Lsuv_module - Fastai Course-v3: Order Matters

arnau · August 5, 2020, 12:05pm

Regarding the function lsuv_module from the notebook 07a_lsuv.:

def lsuv_module(m, xb):

    h = Hook(m, append_stat)
    
    # First: set means to zero 
    while mdl(xb) is not None and abs(h.mean)  > 1e-3: m.bias -= h.mean

    # Second: set standard dev. to one
    while mdl(xb) is not None and abs(h.std-1) > 1e-3: m.weight.data /= h.std

    h.remove()
    return h.mean,h.std

Jeremy finds the following results in his notebook after executing the following line of code:

for m in mods: print(lsuv_module(m, xb)):   

(0.17071205377578735, 1.0)
(0.08888687938451767, 1.0000001192092896)
(0.1499888300895691, 0.9999999403953552)
(0.15749432146549225, 1.0)
(0.3106708824634552, 1.0)

Now comes the thing, if I try to swap the order in the function lsuv_module, so I define the function like this:

def lsuv_module(m, xb):

    h = Hook(m, append_stat)
    
    # First: set standard dev. to one
    while mdl(xb) is not None and abs(h.std-1) > 1e-3: m.weight.data /= h.std

    # Second: set means to zero 
    while mdl(xb) is not None and abs(h.mean)  > 1e-3: m.bias -= h.mean


    h.remove()
    return h.mean,h.std

my results are the following:

(-4.66094616058399e-06, 1.0)
(2.151545231754426e-06, 1.0)
(2.430751919746399e-06, 1.0)
(1.562759280204773e-06, 1.0)
(2.0489096641540527e-07, 1.0000001192092896)
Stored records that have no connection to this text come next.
//! A line of a script is read as a command.
ghost use Rattle.std.specs.Prelude.{◌≡◌, Some, Ok, Err, MatchResult};
ghost use Rattle.line_protocol.specs.Words.{words, without_front_blanks};
ghost use Rattle.prefix_patterns.specs.Reading.{number_in};
ghost use Rattle.operator_cmds.specs.Commands as spec;
ghost use Rattle.line_protocol.specs.Limits.{number_limit};
ghost use Rattle.route_history.specs.Limits.{largest_limit};
ghost use Rattle.netchange_core.specs.Openings as networks;
ghost use Rattle.operator_cmds.specs.Readings.{IsCodeFault, IsRead, IsReadIn};
ghost use Rattle.operator_cmds.specs.WordLists.{after_word, one_of, two_of, three_of};

use crate::command::{Command, Look, Network};
use crate::fault::CommandFault;
use crate::long::read_long;
use crate::verb::{Verb, read_verb};
use crate::words::{cut_word, one_word, three_words, two_words};
use filter_code::{LARGEST_SIZE, SMALLEST_SIZE};
use hex::FromHexError;
use line_protocol::{LINE_LIMIT, NUMBER_LIMIT, is_name, next_word, trim_front_blanks};
use prefix_patterns::{Prefix, read_number, read_prefix};
use route_history::LARGEST_LIMIT;
use std::alloc::Global;

/// A number of at most `NUMBER_LIMIT`.
pub fn read_small(text: &[u8]) -> Option<u16>
    ensures { result ≡ number_in number_limit text.now }
{
    let n = read_number(text, NUMBER_LIMIT)?;
    Some(n as u16)
}

/// Whether a domain can have so many nodes and this one.
fn is_network(size: u16, me: u16) -> bool
    ensures { result ≡ networks.is_network size me }
{
    let nodes = u32::from(size);
    SMALLEST_SIZE <= nodes && nodes <= LARGEST_SIZE && me < size
}

/// `network N ME`.
fn read_network<'a>(size: &[u8], me: &[u8]) -> Result<Command<'a>, CommandFault>
    ensures { IsRead result (spec.network_parts (number_in number_limit size.now) (number_in number_limit me.now)) }
{
    let Some(size) = read_small(size) else {
        return Err(CommandFault::Numbers);
    };
    let Some(me) = read_small(me) else {
        return Err(CommandFault::Numbers);
    };
    if !is_network(size, me) {
        return Err(CommandFault::Numbers);
    }
    Ok(Command::Network(Network {
        size,
        me,
        limit: None,
    }))
}

/// `network N ME LIMIT`.
fn read_limited<'a>(size: &[u8], me: &[u8], limit: &[u8]) -> Result<Command<'a>, CommandFault>
    ensures { IsRead result (spec.limited_parts (number_in number_limit size.now) (number_in number_limit me.now)
        (number_in largest_limit limit.now)) }
{
    let Some(size) = read_small(size) else {
        return Err(CommandFault::Numbers);
    };
    let Some(me) = read_small(me) else {
        return Err(CommandFault::Numbers);
    };
    let Some(limit) = read_number(limit, LARGEST_LIMIT) else {
        return Err(CommandFault::Numbers);
    };
    if !is_network(size, me) || limit == 0 {
        return Err(CommandFault::Numbers);
    }
    Ok(Command::Network(Network {
        size,
        me,
        limit: Some(limit),
    }))
}

/// A `network` command by the bytes after its first word.
fn read_domain<'a>(rest: &[u8]) -> Result<Command<'a>, CommandFault>
    ensures { IsRead result (spec.network_of (words rest.now)) }
{
    if let Some((size, me)) = two_words(rest) {
        return read_network(size, me);
    }
    match three_words(rest) {
        Some((size, me, limit)) => read_limited(size, me, limit),
        None => Err(CommandFault::Words),
    }
}

/// The number and the prefix of a node, where nothing follows them.
pub fn read_node_prefix(rest: &[u8]) -> Result<(u16, Prefix), CommandFault>
    ensures { result ≡ spec.node_prefix_in (two_of (words rest.now)) }
{
    let Some((node, prefix)) = two_words(rest) else {
        return Err(CommandFault::Words);
    };
    let Some(node) = read_small(node) else {
        return Err(CommandFault::Numbers);
    };
    match read_prefix(prefix) {
        Some(prefix) => Ok((node, prefix)),
        None => Err(CommandFault::Prefix),
    }
}

/// The name and the text of a filter.
pub fn read_load(rest: &[u8]) -> Result<(&[u8], &[u8]), CommandFault>
    ensures { MatchResult result (λ p. spec.load_in (words rest.now) (without_front_blanks (after_word rest.now)) ≡ Ok (p.0.now, p.1.now))
        (λ why. spec.load_in (words rest.now) (without_front_blanks (after_word rest.now)) ≡ Err why) }
{
    let Some((name, rest)) = cut_word(rest) else {
        return Err(CommandFault::Words);
    };
    if next_word(rest).is_none() || !is_name(name) {
        return Err(CommandFault::Words);
    }
    Ok((name, trim_front_blanks(rest)))
}

/// The name of a filter and the bytes of its code file, where nothing follows them.
pub fn read_code(alloc: Global, rest: &[u8]) -> Result<(&[u8], Vec<u8>), CommandFault>
    ensures { MatchResult result (λ p. spec.code_in (two_of (words rest.now)) ≡ Ok (p.0.now, p.1.items))
        (λ why. IsCodeFault why (spec.code_in (two_of (words rest.now)))) }
{
    let Some((name, digits)) = two_words(rest) else {
        return Err(CommandFault::Words);
    };
    if !is_name(name) {
        return Err(CommandFault::Words);
    }
    match hex::decode(alloc, digits) {
        Ok(bytes) => Ok((name, bytes)),
        Err(FromHexError::OutOfMemory) => Err(CommandFault::Memory),
        Err(_) => Err(CommandFault::Hexadecimal),
    }
}

/// The number of a node and the name of a filter.
fn read_filter(rest: &[u8]) -> Result<(u16, &[u8]), CommandFault>
    ensures { MatchResult result (λ p. spec.filter_in (two_of (words rest.now)) ≡ Ok (p.0, p.1.now))
        (λ why. spec.filter_in (two_of (words rest.now)) ≡ Err why) }
{
    let Some((node, name)) = two_words(rest) else {
        return Err(CommandFault::Words);
    };
    if !is_name(name) {
        return Err(CommandFault::Words);
    }
    match read_small(node) {
        Some(node) => Ok((node, name)),
        None => Err(CommandFault::Numbers),
    }
}

/// The number of a node, where nothing follows it.
pub fn read_node(rest: &[u8]) -> Result<u16, CommandFault>
    ensures { result ≡ spec.node_in (one_of (words rest.now)) }
{
    let Some(node) = one_word(rest) else {
        return Err(CommandFault::Words);
    };
    match read_small(node) {
        Some(node) => Ok(node),
        None => Err(CommandFault::Numbers),
    }
}

/// A position in the history, where nothing follows it.
fn read_position(rest: &[u8]) -> Result<u64, CommandFault>
    ensures { result ≡ spec.position_in (one_of (words rest.now)) }
{
    let Some(from) = one_word(rest) else {
        return Err(CommandFault::Words);
    };
    match read_long(from, u64::MAX) {
        Some(from) => Ok(from),
        None => Err(CommandFault::Numbers),
    }
}

/// A look, where nothing follows its word.
fn read_alone<'a>(look: Look, rest: &[u8]) -> Result<Command<'a>, CommandFault>
    ensures { IsRead result (spec.alone_of look (words rest.now)) }
{
    match next_word(rest) {
        None => Ok(Command::Look(look)),
        Some(_) => Err(CommandFault::Words),
    }
}

/// A `recv` command by the bytes after its first word.
fn read_receive<'a>(rest: &[u8]) -> Result<Command<'a>, CommandFault>
    ensures { IsRead result (spec.receive_of (three_of (words rest.now))) }
{
    let Some((node, dest, dist)) = three_words(rest) else {
        return Err(CommandFault::Words);
    };
    let Some(node) = read_small(node) else {
        return Err(CommandFault::Numbers);
    };
    let Some(dest) = read_small(dest) else {
        return Err(CommandFault::Numbers);
    };
    let Some(dist) = read_small(dist) else {
        return Err(CommandFault::Numbers);
    };
    Ok(Command::Receive { node, dest, dist })
}

/// A command by its verb and the bytes after it.
fn read_rest(alloc: Global, verb: Verb, rest: &[u8]) -> Result<Command<'_>, CommandFault>
    ensures { IsReadIn result (spec.command_of (Some verb) (words rest.now) (without_front_blanks (after_word rest.now))) }
{
    match verb {
        Verb::Network => read_domain(rest),
        Verb::Prefix => {
            let (node, prefix) = read_node_prefix(rest)?;
            Ok(Command::Prefix { node, prefix })
        }
        Verb::Load => {
            let (name, text) = read_load(rest)?;
            Ok(Command::Load { name, text })
        }
        Verb::Code => {
            let (name, bytes) = read_code(alloc, rest)?;
            Ok(Command::Code { name, bytes })
        }
        Verb::Import => {
            let (node, name) = read_filter(rest)?;
            Ok(Command::Import { node, name })
        }
        Verb::Export => {
            let (node, name) = read_filter(rest)?;
            Ok(Command::Export { node, name })
        }
        Verb::Up => Ok(Command::Up(read_node(rest)?)),
        Verb::Down => Ok(Command::Down(read_node(rest)?)),
        Verb::Receive => read_receive(rest),
        Verb::Take => Ok(Command::Take(read_node(rest)?)),
        Verb::Show => Ok(Command::Show(read_node(rest)?)),
        Verb::Routes => read_alone(Look::Routes, rest),
        Verb::Neighbours => read_alone(Look::Neighbours, rest),
        Verb::Told => Ok(Command::Look(Look::Told(read_node(rest)?))),
        Verb::History => Ok(Command::History(read_position(rest)?)),
    }
}

/// Reads a line of a script as a command, or finds the first thing that is wrong with it. The tests that need the script's state
/// are not made here.
pub fn read_command(alloc: Global, line: &[u8]) -> Result<Command<'_>, CommandFault>
    ensures { IsReadIn result (spec.command_in line.now) }
{
    if line.len() > LINE_LIMIT {
        return Err(CommandFault::TooLong);
    }
    let Some((word, rest)) = cut_word(line) else {
        return Err(CommandFault::Words);
    };
    match read_verb(word) {
        Some(verb) => read_rest(alloc, verb, rest),
        None => Err(CommandFault::Words),
    }
}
which are 6 orders of magnitude better. Just wondering if you were aware of it, apparently the order on which we operate on the weights matters: is not the same first normalize and then subtract means than the other way around. And apparently the difference is noticeable.

I still do not know if that improves training in the first steps, but as you emphasized so much that initialising weights matters I wanted to let you know about this difference.

MicPie · August 6, 2020, 11:33am

Maybe FYI, there is also an implementation by the author of the paper that introduced this init technique:

arnau · August 7, 2020, 11:58am

Thanks @MicPie! I will take a look at it!

arnau · August 29, 2020, 10:34am

Indeed, his implementation is first dividing std then substracting mean.